While referring to the US court decision in the Lipitor case, Hank McKinnell had said, "This is a big win for Pfizer. It is also a big win for medical Innovators. This should be a message for companies in India that do have important scientific capabilities that they should not steal others' innovations but they should create technology for themselves," as reported in The Financial Times, US edition on 17th December 2005.

IPA noted that the statement is slanderous and outright malicious aimed to denigrate the Indian companies. The law suit related to filing of an application by an Indian company to market generic version of Pfizer's Lipitor (atorvastatin), is very much as per the US law (Annex-1) and does not in any way amount to 'stealing' as maliciously alleged in the statement. The Para IV challenge is a common practise and followed by many US and other global companies. However, by singling out Indian companies, the comment tends to be racist and tantamount to racial discrimination. Further by alleging that the US Court decision was a 'message to Indian companies not to 'steal others' innovations", Dr McKinnell has deliberately sought to distort the scope of the decision to imply that the legal proceedings were related to the stealing of Pfizer's innovations. Such statements are hindrance to improving bilateral trade and the commercial climate between the two countries, said IPA.
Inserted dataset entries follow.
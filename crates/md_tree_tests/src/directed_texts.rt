//! Texts that are read and written, and those that are refused, as the format and its examples give
//! them.
use md_dtree::{read_directed, text_directed};
use md_tree::TreeFault;
use std::alloc::Global;
use std::process::Abort;
use std::test::Fail;

fn check_read(rt: &impl Abort, alloc: Global, bytes: &[u8]) {
    let Ok(tree) = read_directed(alloc, bytes) else {
        panic!(rt; "not read");
    };
    match text_directed(alloc, &tree) {
        Ok(written) => assert_eq!(rt; written.as_slice(), bytes),
        Err(_) => panic!(rt; "out of memory"),
    }
}

fn check_refused(rt: &impl Abort, alloc: Global, bytes: &[u8], expected: TreeFault) {
    match read_directed(alloc, bytes) {
        Ok(_) => panic!(rt; "read"),
        Err(fault) => assert_eq!(rt; fault, expected),
    }
}

static READ: [&[u8]; 11] = [
    b"empty",
    b"4095",
    b"R(0,1,2,3,4;0>2,0>4,3>1,3>4)",
    b"O(5,4,3,2,1,0)",
    b"P(O(2,0),1,3)",
    b"O(P(2,3),S(0,1))",
    b"R(O(1,0),2,3;0>1,1>2)",
    b"S(R(O(1,0),2,3;0>1,1>2,2>0),4)",
    b"O(4,R(0,1,2;0>1,1>2,2>0),3)",
    b"R(0,1,2,3;0>1,1>0,1>2,2>1,2>3,3>2)",
    b"R(0,1,2,3,4;0>1,0>2,1>2,1>3,2>3,2>4,3>0,3>4,4>0,4>1)",
];

#[test]
fn texts_of_trees(rt: HostRuntime) {
    for bytes in &READ {
        check_read(&rt, rt.alloc(), *bytes);
    }
}

static SYNTAX: [(&[u8], u64); 5] = [
    (b"R(0,1,2)", 7),
    (b"R(0,1,2;0-1)", 9),
    (b"O(0,1;0>1)", 5),
    (b"O()", 2),
    (b"Q(0,1)", 0),
];

static NOT_CANONICAL: [&[u8]; 11] = [
    b"R(0,1,2;1>0,0>1)",
    b"R(0,1,2;0>0)",
    b"R(0,1,2;0>3)",
    b"R(0,1;0>1)",
    b"O(0)",
    b"O(0,O(1,2))",
    b"O(0,P(1,0))",
    b"P(1,0)",
    b"P(1,O(2,0))",
    b"O(4095,4096)",
    b"16383",
];

#[test]
fn texts_of_no_tree(rt: HostRuntime) {
    for (bytes, place) in &SYNTAX {
        check_refused(&rt, rt.alloc(), *bytes, TreeFault::Syntax { place: *place });
    }
    for bytes in &NOT_CANONICAL {
        check_refused(&rt, rt.alloc(), *bytes, TreeFault::NotCanonical);
    }
}

// The tree in which node k has the leaf k and node k + 1, order nodes and parallel ones in turn;
// the last node has the leaf `depth` in the place of a node.
fn chain(alloc: Global, depth: u32) -> Result<Vec<u8>, Fail> {
    let mut bytes = Vec::new(alloc);
    for k in 0..depth {
        let piece = format!(in alloc; "{}({k},", if k % 2 == 0 { 'O' } else { 'P' })?;
        bytes.extend_from_slice(piece.as_bytes())?;
    }
    let last = format!(in alloc; "{depth}")?;
    bytes.extend_from_slice(last.as_bytes())?;
    for _ in 0..depth {
        bytes.push(b')')?;
    }
    Ok(bytes)
}

#[test]
fn deep_texts(rt: HostRuntime) -> Result<(), Fail> {
    let alloc = rt.alloc();
    check_read(&rt, alloc, &chain(alloc, 4_095)?);
    let bytes = chain(alloc, 4_096)?;
    check_refused(&rt, alloc, &bytes, TreeFault::NotCanonical);
    Ok(())
}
"It would obviously be hard for anyone to understand how a challenge to a patent, by following a process as per law could amount to 'stealing', particularly when a court of competent jurisdiction in the UK has held the equivalent patent invalid. By choosing not to refer to the UK decision, a reference which would obviously undermine his allegation and dilute the impact, Dr McKinnell has demonstrated that the defamation was deliberate and calculated to cause the maximum damage," noted DG Shah, secretary general, IPA in his letter.

Elaborating the legal background, he noted that the Food, Drug and Cosmetic Act (the Act) governs the approval of drug products in the United States. Section 505(j) of the Act, created as part of the Waxman-Hatch Amendments in 1984, established the process for approval of generic drug products through the filing of abbreviated new drug applications (ANDAs). The Waxman-Hatch Amendments were intended to balance the competing public policy goals of promoting innovation on the part of brand-name companies, while, at the same time, making lower priced generic products available to consumers as quickly as possible.
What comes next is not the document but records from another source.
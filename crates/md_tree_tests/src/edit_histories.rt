//! Edits of one cotree, one after another.
ghost use Rattle.std.specs.Prelude.{IfOk};
ghost use Rattle.md_cotree.specs.Cotrees.{IsSoundCotree, Denotes};

use crate::edge_edits::toggle_edge;
use crate::vertex_deletions::delete_vertex;
use crate::vertex_insertions::insert_vertex;
use md_cotree::Cotree;
use md_graph::{Graph, Memory};
use md_tree::{graph_of, text};
use std::alloc::Global;
use std::marker::Brand;
use std::process::Abort;
use std::sync::ledger::Blank;
use std::test::Fail;

// A vertex comes, joined to the names of `LISTS` from one place to another; an edge is turned; a
// vertex goes.
#[derive(Clone, Copy)]
enum Step {
    Insert(u32, usize, usize),
    Turn(u32, u32),
    Delete(u32),
}

// Names in ascending runs.
const LISTS: [u32; 6] = [0, 1, 2, 0, 1, 3];

// The graph that a cotree denotes.
fn graph_denoted(alloc: Global, cotree: &Cotree) -> Result<Graph, Memory>
    requires { IsSoundCotree cotree.now }
    ensures { IfOk result (λ graph. Denotes cotree.now graph) }
{
    let tree = cotree.to_tree(alloc)?;
    let mut graph = Graph::new(alloc)?;
    graph_of(&tree, &mut graph);
    Ok(graph)
}

// Makes an edit, if it can be made; whether it was.
fn edit(alloc: Global, cotree: &mut Cotree, step: &Step) -> Result<bool, Memory>
    requires { IsSoundCotree cotree.old }
    ensures { IfOk result (λ _. IsSoundCotree cotree.new) }
{
    let graph = graph_denoted(alloc, cotree)?;
    match step {
        Step::Insert(x, from, to) => {
            if *from > *to || *to > 6 {
                return Ok(false);
            }
            let names = &LISTS[*from..*to];
            Ok(insert_vertex::<Brand>(cotree, &graph, *x, names, Blank::new(1)))
        }
        Step::Turn(u, v) => Ok(toggle_edge::<Brand>(cotree, &graph, *u, *v, Blank::new(1))),
        Step::Delete(x) => {
            delete_vertex::<Brand>(cotree, &graph, *x, Blank::new(1));
            Ok(graph.has_vertex(*x))
        }
    }
}

// Sees that an edit is made or not, and that the cotree has this tree then, and no place beside it.
fn see(
    rt: &impl Abort,
    alloc: Global,
    cotree: &mut Cotree,
    step: &Step,
    after: (bool, &str, u64),
) -> Result<(), Fail>
    requires { IsSoundCotree cotree.old }
    ensures { IfOk result (λ _. IsSoundCotree cotree.new) }
{
    let done = edit(alloc, cotree, step)?;
    assert_eq!(rt; done, after.0);
    let back = cotree.to_tree(alloc)?;
    let written = text(alloc, &back)?;
    assert!(rt; written.as_slice() == after.1.as_bytes());
    assert_eq!(rt; cotree.node_count(), after.2);
    Ok(())
}

#[test]
fn edits_of_one_cotree(rt: HostRuntime) -> Result<(), Fail> {
    let alloc = rt.alloc();
    let mut cotree = Cotree::new(alloc)?;
    let table = [
        (Step::Insert(0, 0, 0), true, "0", 1),
        (Step::Delete(0), true, "empty", 0),
        (Step::Insert(0, 0, 0), true, "0", 1),
        (Step::Insert(1, 0, 0), true, "P(0,1)", 3),
        (Step::Insert(2, 0, 0), true, "P(0,1,2)", 4),
        (Step::Turn(0, 2), true, "P(S(0,2),1)", 5),
        (Step::Insert(3, 0, 1), true, "P(S(0,P(2,3)),1)", 7),
        (Step::Turn(1, 2), false, "P(S(0,P(2,3)),1)", 7),
        (Step::Delete(0), true, "P(1,2,3)", 4),
        (Step::Insert(0, 1, 3), true, "P(S(0,P(1,2)),3)", 7),
        (Step::Turn(0, 1), true, "P(S(0,2),1,3)", 6),
        (Step::Delete(2), true, "P(0,1,3)", 4),
        (Step::Insert(2, 3, 6), true, "S(P(0,1,3),2)", 6),
    ];
    for (step, done, after, nodes) in &table {
        see(&rt, alloc, &mut cotree, step, (*done, *after, *nodes))?;
    }
    Ok(())
}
As a part of this process, innovator drug applicants are required to include in a new drug application (NDA), information regarding patents that claim the drug product that is the subject of the NDA. The US Food and Drug Administration (FDA) list the patent information as part of a publication entitled Approved Drug Products with Therapeutic Equivalence Evaluations. A generic applicant must include in the ANDA, a patent certification as described in section 505(j)(2)(A)(vii) of the Act for each listed patent. The certifications must make one of the following statements: (I) No patent information on the drug product that is the subject of the ANDA has been submitted to the FDA; (II) that such patent has expired; (III) the date on which such patent expires; or (IV) that such patent is invalid or will not be infringed by the manufacture, use or sale of the drug product for which the ANDA is submitted.

The last certification referenced above is known as a paragraph IV (PIV) certification and indicates that the generic applicant intends to market the product prior to expiration of the relevant patents. Notice of the PIV certification must be provided to the patent owner, who may sue the generic applicant for patent infringement. If the generic applicant is sued, the FDA cannot approve the ANDA until the earlier of 30 months from the date on which the patent owner received notice of the PIV certification or until the generic applicant receives a favourable court decision.

In order to foster its policy goal of making generic products quickly available, the US Congress included section 505(j)(4)(B)(iv), which provides an incentive for generic manufacturers to file PIV certifications. If successful in its patent challenge, the first generic applicant to file a PIV certification may receive 180 days of marketing exclusivity during which time; the FDA cannot approve subsequently filed ANDAs for that particular drug.

It would obviously be hard for anyone to understand how a challenge to a patent, by following a process as per law could amount to 'stealing', particularly when a court of competent jurisdiction in the UK has held the equivalent patent was invalid. By choosing not to refer to the UK decision, a reference which would obviously undermine his allegation and dilute the impact, Dr McKinnell has demonstrated that the defamation was deliberate and calculated to cause the maximum damage.